■ **Exercise brief**
Please quote exactly the opening lines of the data, from the first line to the one where "held. The bytes" appears.
┌─ Data to process
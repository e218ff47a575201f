// The receiving end of uplink extended length messages (ELM): a message of up to 16 segments of ten bytes, sent one a time in
// interrogations of uplink format 24.
//
// The receiver is a small struct by value: whether a message is opened, its last number, and which numbers are held. The bytes
// of its 16 places are lent beside it. What a segment does is decided by value (`effect`); one function touches the bytes.
// What is known of the transponder is its public function and its contract.
#![tactic(auto)]

mod control;
mod holding;

ghost use Rattle.std.specs.Prelude.{◌≡◌, cond, length};
ghost use Rattle.transponder.specs.Receptions.{answered};
ghost use Rattle.uplink_elm.specs.Segments.{segment_number, segment, stored};
ghost use Rattle.uplink_elm.specs.Receiving.{said, is_own, fresh_receiver, opening_effect, adding_effect, own_effect, receiving_outcome, receiver_after, segments_after};

pub use control::Control;
use control::Number;
pub use holding::is_held;
use outcome::{Refusal, refuse_unless};
use transponder::Reception;

// Whether a message is opened, the number of its last segment, and the segments held: a bit for each of 16 numbers, the top
// one for 0.
//
// An `Option` of a message would be narrower: a caller may hand in any value, also one that is not opened and holds something,
// and is told what it holds.
//
// This struct, Progress, Answer and Received look as Spot, Placed, Reply and Plan of the roll call do, which have two or three fields too;
// each has fields of its own meaning and types.
#[derive(Clone, Copy, Debug, PartialEq, Eq)]
pub struct Receiver {
    pub opened: bool,
    pub last: u8,
    pub held: u16,
}

// How far a message has come: the acknowledgement, and whether all its segments are held. The acknowledgement counts whether they are or
// not, so `whole` is no sign of it, and no Option would hold both.
#[derive(Clone, Copy, Debug, PartialEq, Eq)]
pub struct Progress {
    pub acknowledgement: u16,
    pub whole: bool,
}

// The transponder's answer with the progress.
#[derive(Clone, Copy, Debug, PartialEq, Eq)]
pub struct Answer {
    pub reception: Reception,
    pub progress: Progress,
}

// What a call gives: its answer, and the receiver after it. The call takes the receiver by value, so that a caller still has the one
// before it.
#[derive(Clone, Copy, Debug, PartialEq, Eq)]
pub struct Received {
    pub answer: Result<Answer, Refusal>,
    pub receiver: Receiver,
}

// A receiver with nothing opened. By a name, which the calls' document has, and not by `Default`.
pub fn fresh() -> Receiver
    ensures { result ≡ fresh_receiver }
{
    Receiver {
        opened: false,
        last: 0,
        held: 0,
    }
}

// Receives a message with this own address. The segment with number n has bytes 10 n to 10 n + 9 of the places.
pub fn receive(own: u32, m: &[u8], mut receiver: Receiver, segments: &mut [u8; 160]) -> Received
    ensures answer_value { said result.answer ≡ receiving_outcome own m.now receiver }
    ensures receiver_value { result.receiver ≡ receiver_after own m.now receiver }
    ensures segments_after { segments.new ≡ segments_after own m.now receiver segments.old }
{
    let answer = advance(own, m, &mut receiver, segments);
    Received { answer, receiver }
}

// The call, which leaves the receiver as it will be; a refused one leaves it and the places as they were.
#[tactic(auto, using(crate::proofs::Effects::advancing), unfolding(crate::specs::Receiving::receiving_outcome, crate::specs::Receiving::receiver_after, crate::specs::Receiving::segments_after, crate::specs::Receiving::call_effect, crate::specs::Receiving::own_effect))]
fn advance(
    own: u32,
    m: &[u8],
    receiver: &mut Receiver,
    segments: &mut [u8; 160],
) -> Result<Answer, Refusal>
    ensures answer_value { said result ≡ receiving_outcome own m.now receiver.old }
    ensures receiver_value { receiver.new ≡ receiver_after own m.now receiver.old }
    ensures segments_after { segments.new ≡ segments_after own m.now receiver.old segments.old }
{
    let reception = transponder::receive(own, m)?;
    if let Some(next) = effect(reception, m, *receiver)? {
        store(m, segments);
        *receiver = next;
    }
    Ok(Answer {
        reception,
        progress: receiver.progress(),
    })
}

// What an interrogation does: it is refused, changes nothing, or stores its segment and leaves this receiver. It does nothing
// unless it is read as the own address and of this format.
#[tactic(auto, unfolding(crate::specs::Receiving::own_effect, crate::specs::Receiving::effect_of))]
fn effect(reception: Reception, m: &[u8], receiver: Receiver) -> Result<Option<Receiver>, Refusal>
    ensures { result ≡ cond (is_own (answered reception)) (own_effect m.now receiver) (Ok None) }
{
    if reception != Reception::Own || !control::is_extended(m) {
        return Ok(None);
    }
    let number = control::segment_number(m);
    match control::reply_control(m) {
        Some(Control::Opening) => opening(number),
        Some(Control::Round | Control::Exchange) => adding(number, receiver),
        None => Ok(None),
    }
}

#[tactic(auto, using(crate::proofs::Effects::refusing))]
fn opening(number: Number) -> Result<Option<Receiver>, Refusal>
    ensures { result ≡ opening_effect number.value }
{
    refuse_unless(number.value != 0, Refusal::NothingOpened)?;
    Ok(Some(Receiver {
        opened: true,
        last: number.value,
        held: number.bit(),
    }))
}

#[tactic(auto, using(crate::proofs::Effects::refusing), unfolding(crate::specs::Segments::with_number))]
fn adding(number: Number, receiver: Receiver) -> Result<Option<Receiver>, Refusal>
    ensures { result ≡ adding_effect number.value receiver }
{
    refuse_unless(receiver.opened, Refusal::NothingOpened)?;
    refuse_unless(number.value <= receiver.last, Refusal::NumberAboveLast)?;
    Ok(Some(Receiver {
        held: receiver.held | number.bit(),
        ..receiver
    }))
}

// The segment of a message goes to the place of its number.
#[tactic(auto, using(crate::proofs::Places::put_segment))]
fn store(m: &[u8], segments: &mut [u8; 160])
    requires { length m.now ≡ 14 }
    ensures { segments.new ≡ stored (segment_number m.now) (segment m.now) segments.old }
{
    let from = usize::from(control::segment_number(m).value) * 10;
    segments[from..from + 10].copy_from_slice(&m[1..11]);
}
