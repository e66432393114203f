// The digits as two tables, of what a byte counts for as the first of two digits and as the second. A
// loop makes them once and lends them to whatever reads a line.
#![tactic(auto)]

ghost use Rattle.std.specs.Prelude.{◌≡◌, ◌≤◌, ◌+◌, get_or};
ghost use Rattle.digits.specs.Tables.{digit_table, high_table, low_table, pair_by};

// How many bytes there are: a table has an entry for each.
pub const BYTES: usize = 256;

// What stands in a table for a byte that is no digit.
// Kept: a number and no `Option`, so that one test of a sum tells of both digits.
const NO_DIGIT: u16 = 256;

// The bytes that are digits, in the order of their values.
const GLYPHS: [u8; 16] = *b"0123456789abcdef";

// Number b: so many times the value of byte b, or that it is no digit.
#[tactic(auto, using(crate::proofs::Meaning::table_fits, crate::proofs::Meaning::table_more), unfolding(crate::specs::Tables::digit_table))]
fn table(times: u16) -> [u16; BYTES]
    requires { times ≤ 16 }
    ensures { result ≡ digit_table times 16 }
{
    let mut table = [NO_DIGIT; BYTES];
    for (value, byte) in GLYPHS.iter().enumerate() {
        table[usize::from(*byte)] = value as u16 * times;
    }
    table
}

// The tables for the first of two digits and for the second.
#[derive(Drop)]
pub struct Digits {
    pub high: [u16; BYTES],
    pub low: [u16; BYTES],
}

impl Digits {
    // The tables of the digits.
    #[tactic(auto, unfolding(crate::specs::Tables::high_table, crate::specs::Tables::low_table))]
    pub fn new() -> Digits
        ensures high { result.high ≡ high_table }
        ensures low { result.low ≡ low_table }
    {
        Digits {
            high: table(16),
            low: table(1),
        }
    }

    // What two bytes count for together by any two tables.
    pub fn sum(&self, first: u8, second: u8) -> usize
        ensures { result ≡ get_or self.now.high first 0 + get_or self.now.low second 0 }
    {
        let high = usize::from(self.high[usize::from(first)]);
        let low = usize::from(self.low[usize::from(second)]);
        high + low
    }

    // The number of two digits by any two tables, where it is below 256: by those of the digits, where both
    // bytes are digits.
    pub fn pair(&self, first: u8, second: u8) -> Option<usize>
        ensures { result ≡ pair_by self.now.high self.now.low first second }
    {
        let sum = self.sum(first, second);
        if sum < 256 { Some(sum) } else { None }
    }
}
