mod files;
mod memory;
mod streams;
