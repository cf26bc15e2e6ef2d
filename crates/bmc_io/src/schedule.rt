ghost use Rattle.std.specs.Prelude.{◌≡◌, IfOk};
ghost use Rattle.bmc_io.specs.Schedule.{begun, fails_next, advanced};

use bmc_base::OutOfMemory;
use std::alloc::Global;
use std::marker::Model;

// Which calls of an object in memory are to fail, by their numbers from 0.
#[derive(Drop)]
pub(crate) struct Schedule {
    fails: Vec<u64>,
    next: u64,
}

impl Model for Schedule {
    ghost use Rattle.bmc_io.specs.Schedule.{Schedule};

    ghost Value = { Schedule };

    ghost view = { λ s. record { fails = s.fails.items; next = s.next } };
}

impl Schedule {
    // Copies the numbers, with room for one at the least.
    pub(crate) fn new(alloc: Global, fails: &[u64]) -> Result<Schedule, OutOfMemory>
        ensures { IfOk result (λ s. s ≡ begun fails.now) }
    {
        let mut copy = Vec::with_capacity(alloc, fails.len().max(1))?;
        copy.extend_from_slice(fails)?;
        Ok(Schedule {
            fails: copy,
            next: 0,
        })
    }

    // The number of the next call.
    pub(crate) fn next(&self) -> u64
        ensures { result ≡ self.now.next }
    {
        self.next
    }

    // Counts one more call, and says whether it is to fail.
    pub(crate) fn advance(&mut self) -> bool
        ensures answer { result ≡ fails_next self.old }
        ensures counted { self.new ≡ advanced self.old }
    {
        let call = self.next;
        self.next = call.saturating_add(1);
        self.fails.contains(&call)
    }
}
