ghost use Rattle.std.specs.Prelude.{◌≡◌, ◌<◌, length, Ok, is_err};
ghost use Rattle.bmc_base.specs.Calls.{HasCause, no_calls};
ghost use Rattle.bmc_io.specs.Told.{added};
ghost use Rattle.bmc_io.specs.Told.Told.{Count};
ghost use Rattle.bmc_io.specs.Sinks.{TakesSome, WriteAdds};
ghost use Rattle.bmc_io.specs.CountSink.{told_by};

use crate::{IoFault, Sink};
use std::marker::Model;

/// A sink that takes all bytes, never fails and keeps only their number, up to the largest `u64`. Once
/// the number would pass it, nothing is told any more.
#[derive(Debug, Drop)]
pub struct CountSink {
    count: Option<u64>,
}

impl Model for CountSink {
    ghost use Rattle.bmc_io.specs.Told.{Told};
    ghost use Rattle.bmc_io.specs.CountSink.{told_by};

    ghost Value = { Told };

    ghost view = { λ s. told_by s.count };
}

impl CountSink {
    /// Returns a sink that took no bytes yet.
    pub fn new() -> CountSink
        ensures { result ≡ Count 0 }
    {
        CountSink { count: Some(0) }
    }

    /// Returns how many bytes were taken, or `None` where there were more than the largest `u64`.
    pub fn count(&self) -> Option<u64>
        ensures { told_by result ≡ self.now }
    {
        self.count
    }
}

impl Sink for CountSink {
    ghost use Rattle.bmc_base.specs.Calls.{no_calls};

    ghost seen = { λ s. record { taken = s; calls = no_calls } };

    fn write(&mut self, piece: &[u8]) -> Result<usize, IoFault>
        requires { 0 < length piece.now }
        ensures bound { TakesSome result piece.now }
        ensures bytes { WriteAdds self.old self.new result piece.now }
        ensures cause { HasCause no_calls no_calls result }
        ensures last { no_calls.last_failed ≡ is_err result }
        ensures answer { result ≡ Ok (length piece.now) }
        ensures told { self.new ≡ added self.old piece.now }
    {
        let more = piece.len() as u64;
        self.count = self.count.and_then(|count| count.checked_add(more));
        Ok(piece.len())
    }
}
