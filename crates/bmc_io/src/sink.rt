ghost use Rattle.std.specs.Prelude.{◌≡◌, ◌<◌, length, is_err};
ghost use Rattle.bmc_base.specs.Calls.{HasCause};
ghost use Rattle.bmc_io.specs.Sinks.{Output, TakesSome, WriteAdds};

use crate::IoFault;

/// Where bytes go.
pub trait Sink {
    /// What is seen of the sink: what it tells of the bytes that it took, and its calls.
    ghost seen: { Self → Output };

    /// Takes bytes from the front of `piece`, at least one, and returns how many. A sink that takes
    /// nothing returns `Err`, which counts as a fault.
    fn write(&mut self, piece: &[u8]) -> Result<usize, IoFault>
        requires { 0 < length piece.now }
        ensures bound { TakesSome result piece.now }
        ensures bytes { WriteAdds (seen self.old).taken (seen self.new).taken result piece.now }
        ensures cause { HasCause (seen self.old).calls (seen self.new).calls result }
        ensures last { (seen self.new).calls.last_failed ≡ is_err result };
}
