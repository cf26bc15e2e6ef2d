ghost use Rattle.std.specs.Prelude.{◌≡◌, ◌<◌, length, is_err};
ghost use Rattle.std.specs.Io.KnownBytes.{WriteAppends};
ghost use Rattle.bmc_base.specs.Calls.{HasCause, no_calls};
ghost use Rattle.bmc_io.specs.Told.Told.{Nothing};
ghost use Rattle.bmc_io.specs.Sinks.{TakesSome, WriteAdds};

use crate::retry::write_uninterrupted;
use crate::{IoFault, Sink};
use bmc_base::Calls;
use std::io::Write;
use std::marker::Model;

/// A sink over any writer, as standard output. It counts its faults; a write that takes nothing is
/// one. A write that a signal interrupts is made again, and is no fault. As a `Sink` it tells nothing of
/// what it took; its own `write` says what the writer holds, as far as the writer tells.
#[derive(Drop)]
pub struct StdSink<W: Write> {
    writer: W,
    calls: Calls,
}

impl<W: Write> Model for StdSink<W> {
    ghost use Rattle.bmc_io.specs.StdSink.{WriterOutput};

    ghost Value = { WriterOutput };

    ghost view = { λ s. record { contents = W.contents s.writer; calls = s.calls } };
}

impl<W: Write> StdSink<W> {
    /// Returns a sink over this writer, with no call made yet.
    pub fn new(writer: W) -> StdSink<W>
        ensures { result ≡ record { contents = W.contents writer; calls = no_calls } }
    {
        StdSink {
            writer,
            calls: Calls::new(),
        }
    }

    /// Returns how many calls failed.
    pub fn faults(&self) -> u64
        ensures { result ≡ self.now.calls.faults }
    {
        self.calls.faults()
    }
}

impl<W: Write> Sink for StdSink<W> {
    ghost use Rattle.bmc_io.specs.Told.Told.{Nothing};

    ghost seen = { λ s. record { taken = Nothing; calls = s.calls } };

    fn write(&mut self, piece: &[u8]) -> Result<usize, IoFault>
        requires { 0 < length piece.now }
        ensures bound { TakesSome result piece.now }
        ensures bytes { WriteAdds Nothing Nothing result piece.now }
        ensures cause { HasCause self.old.calls self.new.calls result }
        ensures last { self.new.calls.last_failed ≡ is_err result }
        ensures writer { WriteAppends self.old.contents self.new.contents result piece.now }
    {
        match write_uninterrupted(&mut self.writer, piece) {
            Ok(count) if count > 0 => {
                self.calls.add_success();
                Ok(count)
            }
            _ => {
                self.calls.add_failure();
                Err(IoFault)
            }
        }
    }
}
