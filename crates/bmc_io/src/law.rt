ghost use Rattle.bmc_io.specs.Told.{TellsLength};

/// A sink that counts from 0 tells the length of the text that it took.
pub fn a_count_is_the_length()
    ensures { TellsLength }
{}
└─
■ **Response to the task**
repository e218ff47a575201f
// The receiving end of uplink extended length messages (ELM): a message of up to 16 segments of ten bytes, sent one a time in
// interrogations of uplink format 24.
//
// The receiver is a small struct by value: whether a message is opened, its last number, and which numbers are held. The bytes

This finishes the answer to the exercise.